__What this task involves__
Your answer should be the records below, written out exactly.

__Entries provided__

// The lines that a program writes.
ghost use Rattle.std.specs.Prelude.{◌≡◌, ◌+◌, ◌*◌, ◌<◌, ◌≤◌, [], ◌∷◌, ◌++◌, length, take};
ghost use Rattle.frames.specs.Hexadecimal.{hex_line};
ghost use Rattle.program.specs.Labels.{label_byte};

use crate::labels::Label;
use frames::put_line;

// Room for a plan of 29 pairs, the longest price and the tries.
const ROOM: usize = 191;

// The bytes that are written so far, of which the first `len` count: lines are put into a lent room from a place on.
#[derive(Clone, Copy)]
pub struct Output {
    bytes: [u8; ROOM],
    len: usize,
    ghost room: { length bytes ≡ 191 },
    ghost within: { len ≤ 191 },
}

// A label and bytes, at the front of a room.
fn put_label(room: &mut [u8], label: u8, bytes: &[u8])
    requires { length bytes.now < length room.old }
    ensures { take (length bytes.now + 1) room.new ≡ label ∷ bytes.now }
{
    room[0] = label;
    room[1..bytes.len() + 1].copy_from_slice(bytes);
}

impl Output {
    // Nothing is written.
    pub(crate) fn empty() -> Output
        ensures empty { take result.len result.bytes ≡ [] }
        ensures len { result.len ≡ 0 }
    {
        Output {
            bytes: [0; ROOM],
            len: 0,
        }
    }

    // What is written.
    pub fn as_slice(&self) -> &[u8]
        ensures { result.now ≡ take self.now.len self.now.bytes }
    {
        &self.bytes[0..self.len]
    }

    // Writes bytes as a line.
    pub(crate) fn line(&mut self, bytes: &[u8])
        requires { self.old.len + (2 * length bytes.now + 1) ≤ 191 }
        ensures text { take self.new.len self.new.bytes ≡ take self.old.len self.old.bytes ++ hex_line bytes.now }
        ensures length { self.new.len ≡ self.old.len + (2 * length bytes.now + 1) }
    {
        if let Some(end) = put_line(&mut self.bytes, self.len, bytes) {
            self.len = end;
        }
    }

    // Writes a label and bytes as a line.
    pub(crate) fn labelled(&mut self, label: Label, bytes: &[u8])
        requires { (length bytes.now ≤ 12) × (self.old.len + (2 * length bytes.now + 3) ≤ 191) }
        ensures text { take self.new.len self.new.bytes ≡ take self.old.len self.old.bytes ++ hex_line (label_byte label ∷ bytes.now) }
        ensures length { self.new.len ≡ self.old.len + (2 * length bytes.now + 3) }
    {
        let mut room = [0; 13];
        put_label(&mut room, label as u8, bytes);
        self.line(&room[0..bytes.len() + 1]);
    }
}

__Task answer__
// The lines that a program writes.
ghost use Rattle.std.specs.Prelude.{◌≡◌, ◌+◌, ◌*◌, ◌<◌, ◌≤◌, [], ◌∷◌, ◌++◌, length, take};
ghost use Rattle.frames.specs.Hexadecimal.{hex_line};
ghost use Rattle.program.specs.Labels.{label_byte};

use crate::labels::Label;
use frames::put_line;

// Room for a plan of 29 pairs, the longest price and the tries.
const ROOM: usize = 191;

// The bytes that are written so far, of which the first `len` count: lines are put into a lent room from a place on.
#[derive(Clone, Copy)]
pub struct Output {
    bytes: [u8; ROOM],
    len: usize,
    ghost room: { length bytes ≡ 191 },
    ghost within: { len ≤ 191 },
}

// A label and bytes, at the front of a room.
fn put_label(room: &mut [u8], label: u8, bytes: &[u8])
    requires { length bytes.now < length room.old }
    ensures { take (length bytes.now + 1) room.new ≡ label ∷ bytes.now }
{
    room[0] = label;
    room[1..bytes.len() + 1].copy_from_slice(bytes);
}

impl Output {
    // Nothing is written.
    pub(crate) fn empty() -> Output
        ensures empty { take result.len result.bytes ≡ [] }
        ensures len { result.len ≡ 0 }
    {
        Output {
            bytes: [0; ROOM],
            len: 0,
        }
    }

    // What is written.
    pub fn as_slice(&self) -> &[u8]
        ensures { result.now ≡ take self.now.len self.now.bytes }
    {
        &self.bytes[0..self.len]
    }

    // Writes bytes as a line.
    pub(crate) fn line(&mut self, bytes: &[u8])
        requires { self.old.len + (2 * length bytes.now + 1) ≤ 191 }
        ensures text { take self.new.len self.new.bytes ≡ take self.old.len self.old.bytes ++ hex_line bytes.now }
        ensures length { self.new.len ≡ self.old.len + (2 * length bytes.now + 1) }
    {
        if let Some(end) = put_line(&mut self.bytes, self.len, bytes) {
            self.len = end;
        }
    }

    // Writes a label and bytes as a line.
    pub(crate) fn labelled(&mut self, label: Label, bytes: &[u8])
        requires { (length bytes.now ≤ 12) × (self.old.len + (2 * length bytes.now + 3) ≤ 191) }
        ensures text { take self.new.len self.new.bytes ≡ take self.old.len self.old.bytes ++ hex_line (label_byte label ∷ bytes.now) }
        ensures length { self.new.len ≡ self.old.len + (2 * length bytes.now + 3) }
    {
        let mut room = [0; 13];
        put_label(&mut room, label as u8, bytes);
        self.line(&room[0..bytes.len() + 1]);
    }
}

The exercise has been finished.